:: Your objective ::
Scan the entries below for the string "Global" and copy every line where it turns up.

***** Supplied data *****

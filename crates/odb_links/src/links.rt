ghost use Rattle.std.specs.Prelude.{◌≡◌, ◌<◌, ◌^◌, None, IfOk, MatchOption, vec_len, vec_capacity};
ghost use Rattle.std.specs.Option.{option_map, option_copied};
ghost use Rattle.std.specs.List.{filter};
ghost use Rattle.odb_tree.specs.Calls.{is_row_below};
ghost use Rattle.odb_links.specs.Seen.{link_numbered, LinksRise, with_link};
ghost use Rattle.odb_links.specs.Places.{LinkStands};

use daq_types::NoMemory;
use odb_tree::Database;
use odb_value::Path;
use std::alloc::Global;

/// A link: the number of its row, and the path that it goes to.
#[derive(Drop)]
pub struct Link {
    pub row: u32,
    pub target: Path,
}

/// Where the link with this row stands.
fn place_of(links: &[Link], row: u32) -> Option<usize>
    requires { LinksRise 1 links.now (2 ^ 32) }
    ensures { MatchOption result (link_numbered links.now row ≡ None) (LinkStands links.now row) }
{
    match links.binary_search_by_key(&row, |link| link.row) {
        Ok(at) => Some(at),
        Err(_) => None,
    }
}

/// Where the link with this row goes to, if it is one.
pub fn target_of(links: &[Link], row: u32) -> Option<&Path>
    requires { LinksRise 1 links.now (2 ^ 32) }
    ensures { option_copied result ≡ option_map (λ link. link.target)
        (link_numbered links.now row) }
{
    match place_of(links, row) {
        Some(at) => Some(&links[at].target),
        None => None,
    }
}

/// The row is now that of a link to this path. Takes no memory.
pub fn keep(links: &mut Vec<Link>, row: u32, target: Path)
    requires order { LinksRise 1 links.old.items (2 ^ 32) }
    requires room { vec_len links.old < vec_capacity links.old }
    ensures { links.new.items ≡ with_link links.old.items row target }
{
    let link = Link { row, target };
    match place_of(links.as_slice(), row) {
        Some(at) => links[at] = link,
        None => links.push_reserved(link),
    }
}

/// Only the links stay whose row is there still. Takes no memory.
pub fn forget<D: Database>(tree: &D, links: &mut Vec<Link>)
    ensures { links.new.items ≡ filter (λ link. is_row_below (D.rows tree.now) link.row 0)
        links.old.items }
{
    links.retain(|link| tree.is_below(link.row, 0));
}

/// The same links once more.
pub fn copy_links(alloc: Global, links: &[Link]) -> Result<Vec<Link>, NoMemory>
    ensures { IfOk result (λ copy. copy.items ≡ links.now) }
{
    let mut copy = Vec::with_capacity(alloc, links.len())?;
    for link in links {
        copy.push(Link {
            row: link.row,
            target: link.target.try_clone(alloc)?,
        })?;
    }
    Ok(copy)
}
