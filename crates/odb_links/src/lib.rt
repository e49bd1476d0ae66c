//! An online database that keeps links, over one that keeps none: a link is a STRING key of the database below, whose row's
//! number stands beside it with the path that the link goes to.
//!
//! A `let _ =` of a field or of `names` or `tid` tells the prover what the type keeps of that value, and does nothing.
#![tactic(auto)]

mod leading;
mod links;
mod making;
mod tree;

pub use tree::LinkTree;
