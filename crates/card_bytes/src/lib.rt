// The bytes of a card by what it says, and the round trip. Theory only: definitions in specs/, laws in proofs/, no code. The code that writes a card is
// in `card_writer`.
#![tactic(auto)]
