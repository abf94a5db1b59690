// Quotients taken to whole numbers, of either sign. The machine's `/` goes toward zero, so its quotient is put right
// where the remainder has the sign that shows that it went the wrong way. That form is the project's rule, and down and
// up are two functions, since one that took the side as a parameter would branch on it.
ghost use Rattle.std.specs.Prelude.{◌≡◌, ◌≤◌, unsigned_abs};
ghost use Rattle.rankings.specs.Costs.{Down, Up, floor, ceil, ranked_part, largest_divisor};

// What a rounding divides by: 1 to `LARGEST_DIVISOR`.
#[derive(Clone, Copy, Debug, PartialEq, Eq)]
pub struct Divisor {
    pub by: u32,
    ghost positive: { 1 ≤ by },
    ghost bounded: { by ≤ largest_divisor },
}

// x / m taken down to a whole number.
pub fn floor_div(x: i64, m: Divisor) -> i64
    requires { unsigned_abs x ≤ ranked_part }
    ensures is { result ≡ floor x m.by }
    ensures down { Down x m.by result }
    ensures small { unsigned_abs result ≤ unsigned_abs x }
{
    let m = i64::from(m.by);
    let quotient = x / m;
    if x % m < 0 { quotient - 1 } else { quotient }
}

// x / m taken up to a whole number.
pub fn ceil_div(x: i64, m: Divisor) -> i64
    requires { unsigned_abs x ≤ ranked_part }
    ensures is { result ≡ ceil x m.by }
    ensures up { Up x m.by result }
    ensures small { unsigned_abs result ≤ unsigned_abs x }
{
    let m = i64::from(m.by);
    let quotient = x / m;
    if x % m > 0 { quotient + 1 } else { quotient }
}
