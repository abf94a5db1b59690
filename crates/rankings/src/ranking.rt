// What a ranking of costs is: its laws and its questions.
ghost use Rattle.std.specs.Prelude.{◌≡◌, Bool};
ghost use Rattle.rankings.specs.Costs.{Cost, Modest};
ghost use Rattle.rankings.specs.Choice.{is_cheaper, is_dearer};
ghost use Rattle.rankings.specs.Laws.{Ordered, Linear, SomeDearer};

// An order of costs by how dear they are. The relation speaks of costs of any size; the questions are for those whose
// parts are within `RANKED_PART` of zero. A cost passes as a bare pair by a rule of the project, so that no type says so.
pub trait Ranking {
    // a is no dearer than b
    ghost ranks: { Self → Cost → Cost → Bool };

    fn no_dearer(&self, a: (i64, i64), b: (i64, i64)) -> bool
        requires { (Modest a) × (Modest b) }
        ensures { result ≡ ranks self.now a b };

    // Whether a is dearer than b.
    fn dearer(&self, a: (i64, i64), b: (i64, i64)) -> bool
        requires { (Modest a) × (Modest b) }
        ensures { result ≡ is_dearer (ranks self.now) a b }
    {
        !self.no_dearer(a, b)
    }

    // Whether a is cheaper than b.
    fn cheaper(&self, a: (i64, i64), b: (i64, i64)) -> bool
        requires { (Modest a) × (Modest b) }
        ensures { result ≡ is_cheaper (ranks self.now) a b }
    {
        self.dearer(b, a)
    }

    ghost ordered: { (s : Self) → Ordered (ranks s) };

    ghost linear: { (s : Self) → Linear (ranks s) };

    ghost some: { (s : Self) → SomeDearer (ranks s) };
}
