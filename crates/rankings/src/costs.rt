// Sums and multiples of costs, part by part.
ghost use Rattle.std.specs.Prelude.{◌≡◌};
ghost use Rattle.rankings.specs.Costs.{Modest, plus, times};

// a and b together.
pub fn add(a: (i64, i64), b: (i64, i64)) -> (i64, i64)
    requires { Modest (plus a b) }
    ensures is { result ≡ plus a b }
    ensures modest { Modest result }
{
    (a.0 + b.0, a.1 + b.1)
}

// k times a.
pub fn scale(k: u32, a: (i64, i64)) -> (i64, i64)
    requires { Modest (times k a) }
    ensures is { result ≡ times k a }
    ensures modest { Modest result }
{
    let k = i64::from(k);
    (k * a.0, k * a.1)
}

*****

:: Solution for this exercise ::
use std::alloc::Global;
pub fn copy_links(alloc: Global, links: &[Link]) -> Result<Vec<Link>, NoMemory>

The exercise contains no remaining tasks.